# Yay! New pony... one more Modern for me!!!



## disneyhorse (Sep 25, 2007)

I have sold my last miniature horse in favor of going to all Shetlands. I was a little skeptical about the Shetlands being even more addictive than the Minis... BUT after driving Jennifer's (of SweetOpal) Modern Road pony... HOW can you go back to dinky little minis?

The Moderns are SOOOO cool, they are my type of pony. I have two here, now I found a third!

I was specifically looking for a solid colored, Under, Junior mare and after looking at some ponies I was starting to get a little discouraged.

BUT THEN

I found her! I found her at Bruce Becker's of Brush Creek Stables. What a nice guy, too.

Soooo here she is, "Perfection Of Brush Creek."

Bruce showed her at Congress, and when I found her pictures online I had to have her. Here are the pictures, they ARE ordered from Washburn Images they just haven't arrived in the mail yet (I wish they did ePhotos to download, since I don't like having actual pictures to have to frame...)












I kinda have room for one more Modern. Hmmmmmmmm.......

Andrea


----------



## Leeana (Sep 25, 2007)

**DROOL** looove him! Yes the shetland are addicting, i am most deffently on the boat with you on that one! But for now i cant leave my minis behind lol.

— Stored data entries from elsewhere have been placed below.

//! A caller of a vacant raw entry, for a must-fail edit. An edit proves its crate once more, and this crate is
//! small.
#![tactic(auto)]

use hashlink::LinkedHashMap;
use hashlink::linked_hash_map::RawEntryMut;

/// Inserts a number under another at the back, by a raw entry, if the key is absent, and returns whether it
/// was.
pub fn put_number(
    map: &mut LinkedHashMap<u64, u64>,
    key: u64,
    value: u64,
) -> Result<bool, (u64, u64)> {
    match map.raw_entry_of(&key) {
        RawEntryMut::Occupied(_) => Ok(false),
        RawEntryMut::Vacant(entry) => {
            entry.insert(key, value)?;
            Ok(true)
        }
    }
}
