//! What is sent in a trial without a network: a file made by the words of a generator, and the frames of its generations after an
//! operator channel, dealt over gates in memory.
#![tactic(auto)]

mod dealing;
pub mod laws;
mod making;
mod operator_channel;
mod passing;
mod trials;

pub use kk_outside::Alloc;
pub use operator_channel::OperatorChannel;
pub use trials::{Trial, make_trial};
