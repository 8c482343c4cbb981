//! The file of a trial.
ghost use Rattle.std.specs.Prelude.{◌≡◌, IfOk, OnOk};
ghost use Rattle.kk_outside.specs.Generator.{after_words, word_at};
ghost use Rattle.kk_trial.specs.Trial.{file_words, made_file};

use byteorder::{BigEndian, ByteOrder};
use kk_outside::Alloc;
use rand_core::Rng;
use std::alloc::Global;

/// A file of so many bytes, by the next words of the generator.
///
/// Each word gives eight bytes, the most significant first. Those of the last word beyond the length are dropped.
pub(crate) fn make_file<R: Rng>(alloc: Global, length: usize, rng: &mut R) -> Result<Vec<u8>, Alloc>
    ensures file { IfOk result (λ file. file.items ≡ made_file length (word_at (R.stream rng.old))) }
    ensures words { OnOk result (R.stream rng.new ≡ after_words (file_words length) (R.stream rng.old)) }
{
    let mut file = Vec::new(alloc);
    for _ in 0..length.div_ceil(8) {
        let mut bytes = [0; 8];
        BigEndian::write_u64(&mut bytes, rng.next_u64());
        file.extend_from_slice(&bytes)?;
    }
    file.truncate(length);
    Ok(file)
}
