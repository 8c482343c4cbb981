//! What an operator channel is to do.

/// An operator channel: how many dimensions it erases of each codeword, and how many it injects.
#[derive(Clone, Copy, Debug, PartialEq, Eq)]
pub struct OperatorChannel {
    /// So many of the codeword's dimensions don't come out.
    pub erase: u32,
    /// So many come out that are foreign to the codeword.
    pub inject: u32,
}
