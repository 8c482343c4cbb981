//! Laws of trials, each the contract of a function that does nothing.
ghost use Rattle.kk_trial.specs.Laws.{MadeFileHasItsLength, ReceivedRowsHaveTheLoss, TrialDecodesWithinRadius, TrialFramesAreFrames, DealingIsAPermutation, DealingKeepsRows, FramesAreTaken, TrialGatesGiveAll, TrialIsReceived};

/// The made file has as many bytes as were asked for.
pub fn made_file_has_its_length()
    ensures { MadeFileHasItsLength }
{}

/// What comes out of the channel for a generation are so many independent rows, which lack exactly `erase` dimensions of the
/// codeword and have exactly `inject` that are foreign to it.
pub fn received_rows_have_the_loss()
    ensures { ReceivedRowsHaveTheLoss }
{}

/// On the radius and within it, rows of the span of those that came out of the channel decode to the file's message.
pub fn trial_decodes_within_radius()
    ensures { TrialDecodesWithinRadius }
{}

/// There are so many frames of each generation, and each is a frame of the ticket.
pub fn trial_frames_are_frames()
    ensures { TrialFramesAreFrames }
{}

/// Dealing loses no frame and repeats none.
pub fn dealing_is_a_permutation()
    ensures { DealingIsAPermutation }
{}

/// Over however many gates the frames are dealt, each generation has the rows that came out of the channel.
pub fn dealing_keeps_rows()
    ensures { DealingKeepsRows }
{}

/// Data frames in datagrams of their own are all taken, and the gate ends by Over.
pub fn frames_are_taken()
    ensures { FramesAreTaken }
{}

/// Each gate gives all of its frames, which a receiver takes, and ends by Over.
pub fn trial_gates_give_all()
    ensures { TrialGatesGiveAll }
{}

/// What a receiver takes of all gates are all frames, and of each generation rows that on the radius and within it decode to the
/// file's message.
pub fn trial_is_received()
    ensures { TrialIsReceived }
{}
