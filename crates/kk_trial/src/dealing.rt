//! Frames, dealt over gates.
ghost use Rattle.std.specs.Prelude.{◌≡◌, ◌≤◌, map, All, IfOk};
ghost use Rattle.std.specs.List.{range_with_len};
ghost use Rattle.kk_outside.specs.declared.event.Event.TheVariants.{Datagram};
ghost use Rattle.kk_outside.specs.GateState.{unasked};
ghost use Rattle.kk_frame.specs.Frame.{Vector, IsFrame, frame_text};
ghost use Rattle.kk_frame.specs.FrameView.{value, pairs};
ghost use Rattle.kk_trial.specs.Trial.{dealt, trial_events};

use kk_code::Ticket;
use kk_frame::{Frame, frame_bytes};
use kk_outside::{Alloc, Bytes, Event, MemoryGate};
use kk_rows::Row;
use std::alloc::Global;

/// So many gates, over which the frames of these generations and rows are dealt: number i is one datagram of gate i modulo the
/// number of gates.
pub(crate) fn deal(
    alloc: Global,
    ticket: &Ticket,
    frames: &[(u32, Row)],
    gates: u32,
) -> Result<Vec<MemoryGate>, Alloc>
    requires frames { All (λ f. IsFrame ticket.now (Vector f.0 f.1)) (pairs frames.now) }
    requires some { 1 ≤ gates }
    ensures { IfOk result (λ all. all.items ≡ map (λ i. unasked (trial_events ticket.now (dealt gates i (pairs frames.now)))) (range_with_len 0 gates)) }
{
    let mut all = Vec::new(alloc);
    for i in 0..gates {
        all.push(gate_of(alloc, ticket, frames, gates, i)?)?;
    }
    Ok(all)
}

/// Gate number i of so many.
fn gate_of(
    alloc: Global,
    ticket: &Ticket,
    frames: &[(u32, Row)],
    gates: u32,
    i: u32,
) -> Result<MemoryGate, Alloc>
    requires frames { All (λ f. IsFrame ticket.now (Vector f.0 f.1)) (pairs frames.now) }
    requires some { 1 ≤ gates }
    ensures { IfOk result (λ gate. gate ≡ unasked (trial_events ticket.now (dealt gates i (pairs frames.now)))) }
{
    let mut events = Vec::new(alloc);
    for (number, (generation, row)) in frames.iter().enumerate() {
        if number % gates as usize == i as usize {
            events.push(datagram(alloc, ticket, *generation, *row)?)?;
        }
    }
    Ok(MemoryGate::new(events))
}

/// A data frame as a datagram of its own.
fn datagram(alloc: Global, ticket: &Ticket, generation: u32, row: Row) -> Result<Event, Alloc>
    requires { IsFrame ticket.now (Vector generation row.0) }
    ensures { IfOk result (λ event. event ≡ Datagram (frame_text ticket.now (Vector generation row.0))) }
{
    let bytes = frame_bytes(&Frame::Vector { generation, row }, ticket);
    Ok(Event::Datagram(Bytes::new(bytes.to_vec(alloc)?)))
}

Contrats, i remember seeing him at congress with the guy in the red shirt. Great choice :aktion033: :aktion033:


----------



## SweetOpal (Sep 25, 2007)

I told Andrea she had to be nice, she placed one spot above my girl Fancy in that class....I was happy to take the 3rd to her and Sharron's Provacative Woman!!! Congrats on a great purchase. Can't wait to see her in person!!!! :aktion033: :aktion033:


----------



## crponies (Sep 26, 2007)

Congrats on your new gorgeous girl!


----------



## mininik (Sep 26, 2007)

Congratulations! I'm another who started out owning Miniatures, and now I don't think I'll ever go back! I haven't even driven my Shetland yet, but I'm already hooked.



:


----------



## kaykay (Sep 26, 2007)

congrats! shes beautiful. bruce is such a nice guy


----------



## shalamara minis (Sep 26, 2007)

Very lovely horse. I like her head. I just hate the way they stretch them, its just not natural.


----------



## Jessica_06 (Sep 26, 2007)

Oh I love her too congrats! ~Jessica


----------



## Leeana (Sep 26, 2007)

shalamara minis said:


> Very lovely horse. I like her head. I just hate the way they stretch them, its just not natural.


Oh bill, that is not much stretch compared to what im use to. I'd say that is 'less stretched' from what i see, especially with the moderns. I love my parked ponies :bgrin. Natural or not, i love it!


----------



## disneyhorse (Sep 26, 2007)

shalamara minis said:


> Very lovely horse. I like her head. I just hate the way they stretch them, its just not natural.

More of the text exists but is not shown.